Socioeconomic Planning Secretary Karl Kendrick T. Chua said the poverty rate increased due to the quarantines. He noted that regions with stricter quarantines saw higher poverty incidence.
Chua said poverty incidence in Regions 3, 4-A, and 7 increased by over four percentage points. The poverty incidence in NCR also increased by around 1.2 percentage points.
Meanwhile, Chua said five regions with lesser quarantine restrictions recorded lower poverty. These are the Bangsamoro Autonomous Region in Muslim Mindanao (BARMM), Regions 8, 9, 11, and the Cordillera Administrative Region.
Chua also said BARMM saw the largest poverty reduction of 17.4 percentage points, which reflected “the progress made on the peace process.”
“With stronger growth in the second half of 2021 as we further relax restrictions and increase the vaccination rate, we can expect poverty incidence to decrease,” Chua said.
Chua said in order to address the increase in the country’s poverty incidence, the Duterte administration must be able to restore jobs and bring more people out of poverty.
The government hopes to do this through the Economic Development Cluster’s 10-point policy agenda to further accelerate and sustain recovery.
The 10-point policy agenda covers the following areas: 1) metrics; 2) vaccination; 3) health-care capacity; 4) economy and mobility; 5) schooling; 6) domestic travel; 7) international travel; 8) digital transformation; 9) enacting a pandemic flexibility bill; and 10) medium-term preparation for a pandemic resilience.
“Covid-19 has tested our resolve to achieve the Ambisyon Natin 2040, but we will not waver in our goal to provide a better life for all Filipinos. We remain committed to building a stronger and more inclusive economy, where everyone, especially the poor, is provided equal opportunities to succeed,” Chua said.

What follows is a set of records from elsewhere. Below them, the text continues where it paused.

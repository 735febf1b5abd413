//! Laws of the definitions.
ghost use Rattle.law_code.specs.IsolationLaws.Groups.{ArraysSpare, FieldsSpare, ObjectsSpare};
ghost use Rattle.law_code.specs.IsolationLaws.Natives.{NativesSpare};
ghost use Rattle.law_code.specs.IsolationLaws.Runs.{AreIsolated, RunsAreSteps};
ghost use Rattle.law_code.specs.IsolationLaws.SparingEffects.{LeaveObjects};
ghost use Rattle.law_code.specs.IsolationLaws.Steps.{ResolveStatics, StepsSpare};

/// Quiet effects that spare an object outside the reach of the code that runs leave its cells as they are, and
/// leave it outside that reach.
pub fn objects_left_alone_keep_their_cells()
    ensures { LeaveObjects }
{}

/// Whatever an instruction on fields may do spares each object outside the reach of the code that runs.
pub fn field_instructions_leave_objects_out_of_reach()
    ensures { FieldsSpare }
{}

/// Whatever an instruction on arrays may do spares each object outside the reach of the code that runs.
pub fn array_instructions_leave_objects_out_of_reach()
    ensures { ArraysSpare }
{}

/// Making and testing an object spares each object outside the reach of the code that runs.
pub fn object_instructions_leave_objects_out_of_reach()
    ensures { ObjectsSpare }
{}

/// Whatever a method of the platform may do spares each object outside the reach of the code that runs, but for
/// the one that it is called on, and the value of a PIN that it updates.
pub fn platform_methods_leave_objects_out_of_reach()
    ensures { NativesSpare }
{}

/// Whatever a step may do that stays in its context spares each object outside the reach of the code that runs.
pub fn steps_leave_objects_out_of_reach()
    ensures { StepsSpare }
{}

/// Between two switches, and with no abort and no clear event, each object outside the reach of the code that
/// runs keeps its cells.
pub fn contexts_are_isolated()
    ensures { AreIsolated }
{}

/// Each run is such steps, one after the other.
pub fn runs_are_steps()
    ensures { RunsAreSteps }
{}

/// What an entry of a constant pool resolves to as a static method of the platform is one.
pub fn entries_resolve_to_static_methods()
    ensures { ResolveStatics }
{}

“We end this year on track to an early recovery. Our growth prospects are encouraging. As we collectively strive towards our 2040 vision, the poor will be at the center of our recovery and development strategy. No one will be left behind,” he stressed.
Part of these efforts is the implementation of the PhilSys or the National ID program to provide every Filipino with a unique and digitalized proof of identity.
As of December 10 of this year, Chua said, 50 million Filipinos registered in Steps 1 and 2 of the National ID program.
The Land Bank of the Philippines also opened more than 6.7 million bank accounts among low-income registrants. This will help, Chua said, in moving closer to achieving a 100 percent financial inclusion at the family level.
Chua said a fully digital ID system would allow the government to more efficiently target beneficiaries for social protection programs and directly deposit cash assistance to their bank accounts.
This will also transform how the government delivers social and financial assistance and help lift more Filipinos out of poverty.